Let $(Z,T_2)$ be a subspace of $R^2$ given by $Z = \{\langle x,y\rangle : x,y \in \Bbb R, y > 0\} \cup \{\langle x,0\rangle : x \in \Bbb Q\}$. Show that this is a Baire space. It is suggesting to use the fact that the closure of a Baire space is a Baire space.
I figure that the only dense subsets of $Z$ are in the upper half plane, but I can't figure out a way to write an arbitrary dense set. I figure $Z$ \ $A$, where $A$ is some collection of countable/uncountable plane curves in $R^2$ would work, but I want to see if there's a better way of writing a dense set.
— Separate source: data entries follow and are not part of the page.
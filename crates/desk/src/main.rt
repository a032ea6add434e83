// The desk (document 01, 'The desk program'): standard input to `desk_opening` and `desk_core` to standard output, nothing else.
#![tactic(auto)]

ghost use Rattle.std.specs.Prelude.{◌≤◌, length, IfOk};

use desk_opening::Opening;
use log_writer::Tail;
use register::Labels;
use std::io;
use std::io::Read;

fn main(rt: HostRuntime) -> io::Result<()> {
    // one byte more than the desk takes, so that a longer input is seen to be one
    let mut input = [0u8; 65537];
    let n = read_full(&mut rt.stdin(), &mut input)?;
    match desk_opening::open(&input[..n]) {
        Ok(opening) => serve(&rt, &input[..n], &opening),
        Err(ended) => rt.write_all(ended.as_bytes()),
    }
}

// Fills the buffer from the input, as far as there is some: how many bytes were read. A short read is gone on with.
fn read_full(input: &mut impl Read, bytes: &mut [u8]) -> io::Result<usize>
    ensures { IfOk result (λ n. n ≤ length bytes.new) }
{
    let mut n = 0;
    while n < bytes.len() {
        let got = input.read(&mut bytes[n..])?;
        if got == 0 {
            break;
        }
        n += got;
    }
    Ok(n)
}

// The requests, with each login its own person, a blank matrix of P times F cells and an empty log.
fn serve(rt: &impl Print, input: &[u8], opening: &Opening) -> io::Result<()> {
    let logins = opening.logins();
    let labels = Labels {
        classes: opening.classes(),
        clients: opening.clients(),
    };
    let persons = person_list::own_numbers();
    let mut matrix = [0u8; 65536];
    let mut log = [0u8; 65536];
    run(
        rt,
        input,
        opening.place(),
        logins,
        labels,
        &persons[..logins],
        &mut matrix[..logins * labels.classes.len()],
        &mut log,
    )
}

// Step after step, until the run is over or the output takes no more. One step more than the input has bytes is enough: every line has
// bytes, and one step finds the end.
fn run(
    rt: &impl Print,
    input: &[u8],
    place: usize,
    logins: usize,
    labels: Labels,
    persons: &[u16],
    matrix: &mut [u8],
    log: &mut [u8],
) -> io::Result<()> {
    let mut at = place;
    let mut tail = Tail { end: 0, serial: 0 };
    for _ in 0..=input.len() {
        let progress = desk_core::step(input, at, logins, labels, persons, matrix, log, tail);
        rt.write_all(progress.text.as_bytes())?;
        if !progress.onward {
            return Ok(());
        }
        at = progress.place;
        tail = progress.tail;
    }
    Ok(())
}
The closure of a Baire space is Baire is short for the following theorem:
Suppose $D$ is dense in $(X,\mathcal{T})$ and suppose that $D$ is Baire in the subspace topology. Then $X$ is Baire.
Proof: let $U_n \subseteq X$ be open and dense. Then consider $V_n = D \cap U_n$ for all $n$. The $V_n$ are by definition open in $D$, they are non-empty as $D$ is dense and $V_n$ is non-empty open, and they are dense in $D$, because of the identity $\overline{U \cap D} = \overline{U}$, which is well-known for open and dense sets.
It follows that by assumption $\bigcap V_n$ is dense in $D$ and thus dense in $X$ ("dense in dense is dense"), and so the larger subset $\bigcap_n U_n$ is also dense in $X$, as required. QED.
Now note that the upper half plane is Baire (why?) and dense in your $Z$.
Also note that the closed subspace $\{(x,0): x \in \mathbb{Q} \}$ is not Baire, being homeomorphic to the rationals, which are not Baire.
So in contrast to open subspaces of Baire spaces (which are Baire again), closed subspaces need not be.